#### Task prompt:
First find the line with "does: whether it" in the entries below, then set down exactly every line through the line with "let Some(name) = Name::front(chars, len)", that line included.

Supplied data Block Start

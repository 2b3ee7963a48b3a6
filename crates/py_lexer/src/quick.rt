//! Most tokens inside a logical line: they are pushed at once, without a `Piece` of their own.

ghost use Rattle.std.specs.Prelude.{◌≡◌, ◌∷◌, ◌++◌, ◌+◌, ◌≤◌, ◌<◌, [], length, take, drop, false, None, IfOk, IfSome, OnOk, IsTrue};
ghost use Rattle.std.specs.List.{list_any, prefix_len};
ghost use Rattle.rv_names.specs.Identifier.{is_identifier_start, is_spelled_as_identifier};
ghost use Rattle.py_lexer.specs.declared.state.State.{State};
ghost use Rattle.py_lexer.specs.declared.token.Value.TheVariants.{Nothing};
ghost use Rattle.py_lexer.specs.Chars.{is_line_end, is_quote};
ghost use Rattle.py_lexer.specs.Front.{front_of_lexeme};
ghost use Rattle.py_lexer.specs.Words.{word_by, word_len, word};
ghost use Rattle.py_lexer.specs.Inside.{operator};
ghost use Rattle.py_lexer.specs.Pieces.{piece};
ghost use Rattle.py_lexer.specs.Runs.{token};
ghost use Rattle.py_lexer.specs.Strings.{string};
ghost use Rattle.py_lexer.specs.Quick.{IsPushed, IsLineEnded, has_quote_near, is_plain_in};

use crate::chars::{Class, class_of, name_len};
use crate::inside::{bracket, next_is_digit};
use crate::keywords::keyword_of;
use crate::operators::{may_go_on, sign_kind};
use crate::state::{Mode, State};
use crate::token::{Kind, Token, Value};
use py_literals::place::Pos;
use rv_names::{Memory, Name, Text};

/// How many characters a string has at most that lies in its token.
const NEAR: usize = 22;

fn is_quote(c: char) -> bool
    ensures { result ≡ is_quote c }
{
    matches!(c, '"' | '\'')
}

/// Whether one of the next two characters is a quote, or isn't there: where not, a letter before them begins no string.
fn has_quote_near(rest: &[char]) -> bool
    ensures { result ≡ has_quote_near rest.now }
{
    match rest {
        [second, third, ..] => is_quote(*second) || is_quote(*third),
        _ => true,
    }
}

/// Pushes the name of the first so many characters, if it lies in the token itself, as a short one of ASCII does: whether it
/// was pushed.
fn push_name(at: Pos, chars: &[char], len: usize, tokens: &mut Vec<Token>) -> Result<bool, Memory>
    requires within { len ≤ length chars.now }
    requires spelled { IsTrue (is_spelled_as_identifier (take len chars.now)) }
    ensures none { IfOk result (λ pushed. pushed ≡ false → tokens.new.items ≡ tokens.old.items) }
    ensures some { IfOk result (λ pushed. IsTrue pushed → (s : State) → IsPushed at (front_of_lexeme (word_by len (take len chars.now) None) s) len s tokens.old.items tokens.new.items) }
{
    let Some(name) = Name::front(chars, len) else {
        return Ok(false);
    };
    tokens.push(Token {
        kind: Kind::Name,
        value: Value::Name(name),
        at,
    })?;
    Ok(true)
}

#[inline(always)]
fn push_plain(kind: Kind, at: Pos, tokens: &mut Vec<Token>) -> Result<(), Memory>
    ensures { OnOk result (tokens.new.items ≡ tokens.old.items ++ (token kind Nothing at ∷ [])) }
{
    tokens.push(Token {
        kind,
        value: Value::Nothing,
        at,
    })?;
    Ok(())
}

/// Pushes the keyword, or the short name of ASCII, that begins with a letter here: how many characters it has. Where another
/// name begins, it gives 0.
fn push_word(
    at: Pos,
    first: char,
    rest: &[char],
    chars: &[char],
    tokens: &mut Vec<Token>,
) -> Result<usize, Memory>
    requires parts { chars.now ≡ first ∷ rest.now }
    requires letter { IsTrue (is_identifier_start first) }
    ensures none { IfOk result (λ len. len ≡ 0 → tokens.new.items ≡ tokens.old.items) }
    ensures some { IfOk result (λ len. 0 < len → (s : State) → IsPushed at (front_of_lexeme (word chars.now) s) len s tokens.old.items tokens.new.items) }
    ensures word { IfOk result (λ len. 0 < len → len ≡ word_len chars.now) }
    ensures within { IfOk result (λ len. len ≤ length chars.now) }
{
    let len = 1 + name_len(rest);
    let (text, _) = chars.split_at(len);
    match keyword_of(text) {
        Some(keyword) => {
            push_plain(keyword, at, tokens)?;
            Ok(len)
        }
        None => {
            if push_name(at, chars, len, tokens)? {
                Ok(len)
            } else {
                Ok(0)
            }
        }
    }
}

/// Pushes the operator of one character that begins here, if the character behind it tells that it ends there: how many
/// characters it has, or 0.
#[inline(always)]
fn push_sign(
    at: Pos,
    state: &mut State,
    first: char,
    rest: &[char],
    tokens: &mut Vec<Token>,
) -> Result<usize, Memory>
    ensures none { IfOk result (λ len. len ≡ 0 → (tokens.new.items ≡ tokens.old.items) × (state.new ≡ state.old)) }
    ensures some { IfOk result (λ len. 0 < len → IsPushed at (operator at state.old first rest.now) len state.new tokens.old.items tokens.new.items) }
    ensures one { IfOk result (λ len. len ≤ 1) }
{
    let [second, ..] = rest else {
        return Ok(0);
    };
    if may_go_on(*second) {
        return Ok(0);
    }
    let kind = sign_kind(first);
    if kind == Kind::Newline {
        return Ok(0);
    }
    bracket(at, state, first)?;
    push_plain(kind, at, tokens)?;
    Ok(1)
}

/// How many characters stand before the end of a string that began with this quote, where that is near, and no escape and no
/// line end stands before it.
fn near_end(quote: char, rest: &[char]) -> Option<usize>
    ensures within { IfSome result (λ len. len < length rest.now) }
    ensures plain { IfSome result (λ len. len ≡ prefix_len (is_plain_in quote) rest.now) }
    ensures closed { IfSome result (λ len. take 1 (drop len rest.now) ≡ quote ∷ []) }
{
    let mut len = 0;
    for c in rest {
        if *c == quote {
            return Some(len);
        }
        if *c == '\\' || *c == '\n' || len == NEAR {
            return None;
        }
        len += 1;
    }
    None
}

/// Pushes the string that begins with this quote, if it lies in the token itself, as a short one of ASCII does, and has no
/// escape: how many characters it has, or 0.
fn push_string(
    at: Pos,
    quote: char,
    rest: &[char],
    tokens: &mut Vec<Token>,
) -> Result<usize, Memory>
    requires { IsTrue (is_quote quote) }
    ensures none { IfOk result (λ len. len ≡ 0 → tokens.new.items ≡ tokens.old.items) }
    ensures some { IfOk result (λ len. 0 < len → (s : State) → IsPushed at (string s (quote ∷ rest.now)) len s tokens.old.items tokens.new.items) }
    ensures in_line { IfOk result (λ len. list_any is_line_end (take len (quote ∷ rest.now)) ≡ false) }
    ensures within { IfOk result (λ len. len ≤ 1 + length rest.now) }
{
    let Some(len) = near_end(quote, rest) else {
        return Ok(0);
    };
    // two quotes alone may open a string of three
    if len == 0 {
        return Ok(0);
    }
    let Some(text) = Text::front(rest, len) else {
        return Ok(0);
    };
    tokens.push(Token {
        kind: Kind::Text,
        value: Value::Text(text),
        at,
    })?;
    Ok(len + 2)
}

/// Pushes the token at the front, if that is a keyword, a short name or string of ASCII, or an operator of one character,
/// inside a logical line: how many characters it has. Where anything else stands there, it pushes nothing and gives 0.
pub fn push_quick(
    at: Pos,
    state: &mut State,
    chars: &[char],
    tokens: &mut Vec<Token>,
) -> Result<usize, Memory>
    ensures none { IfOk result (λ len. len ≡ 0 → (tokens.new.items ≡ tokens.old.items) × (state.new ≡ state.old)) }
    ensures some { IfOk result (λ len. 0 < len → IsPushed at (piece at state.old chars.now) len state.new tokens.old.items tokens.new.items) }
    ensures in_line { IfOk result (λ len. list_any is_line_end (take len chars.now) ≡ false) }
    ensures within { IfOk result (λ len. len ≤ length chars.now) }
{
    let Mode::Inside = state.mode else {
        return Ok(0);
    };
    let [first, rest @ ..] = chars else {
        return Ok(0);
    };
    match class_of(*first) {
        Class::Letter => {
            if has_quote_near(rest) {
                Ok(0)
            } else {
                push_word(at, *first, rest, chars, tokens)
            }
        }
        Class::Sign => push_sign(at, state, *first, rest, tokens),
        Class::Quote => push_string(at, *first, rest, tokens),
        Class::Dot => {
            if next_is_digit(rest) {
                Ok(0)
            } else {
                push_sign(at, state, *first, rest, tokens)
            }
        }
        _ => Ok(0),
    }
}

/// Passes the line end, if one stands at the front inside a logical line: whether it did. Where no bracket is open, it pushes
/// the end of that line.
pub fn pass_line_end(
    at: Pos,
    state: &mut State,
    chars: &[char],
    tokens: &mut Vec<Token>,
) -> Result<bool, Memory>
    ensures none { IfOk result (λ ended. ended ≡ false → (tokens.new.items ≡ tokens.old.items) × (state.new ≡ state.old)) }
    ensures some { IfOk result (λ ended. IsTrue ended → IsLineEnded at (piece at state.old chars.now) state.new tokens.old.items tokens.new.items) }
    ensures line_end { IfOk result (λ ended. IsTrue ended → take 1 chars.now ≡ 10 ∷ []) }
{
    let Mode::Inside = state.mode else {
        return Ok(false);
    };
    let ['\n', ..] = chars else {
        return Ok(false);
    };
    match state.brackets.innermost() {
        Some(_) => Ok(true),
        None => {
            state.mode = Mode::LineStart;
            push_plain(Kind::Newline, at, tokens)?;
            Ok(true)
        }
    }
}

Supplied data Block End

#### Problem solution:
/// Pushes the name of the first so many characters, if it lies in the token itself, as a short one of ASCII does: whether it
/// was pushed.
fn push_name(at: Pos, chars: &[char], len: usize, tokens: &mut Vec<Token>) -> Result<bool, Memory>
    requires within { len ≤ length chars.now }
    requires spelled { IsTrue (is_spelled_as_identifier (take len chars.now)) }
    ensures none { IfOk result (λ pushed. pushed ≡ false → tokens.new.items ≡ tokens.old.items) }
    ensures some { IfOk result (λ pushed. IsTrue pushed → (s : State) → IsPushed at (front_of_lexeme (word_by len (take len chars.now) None) s) len s tokens.old.items tokens.new.items) }
{
    let Some(name) = Name::front(chars, len) else {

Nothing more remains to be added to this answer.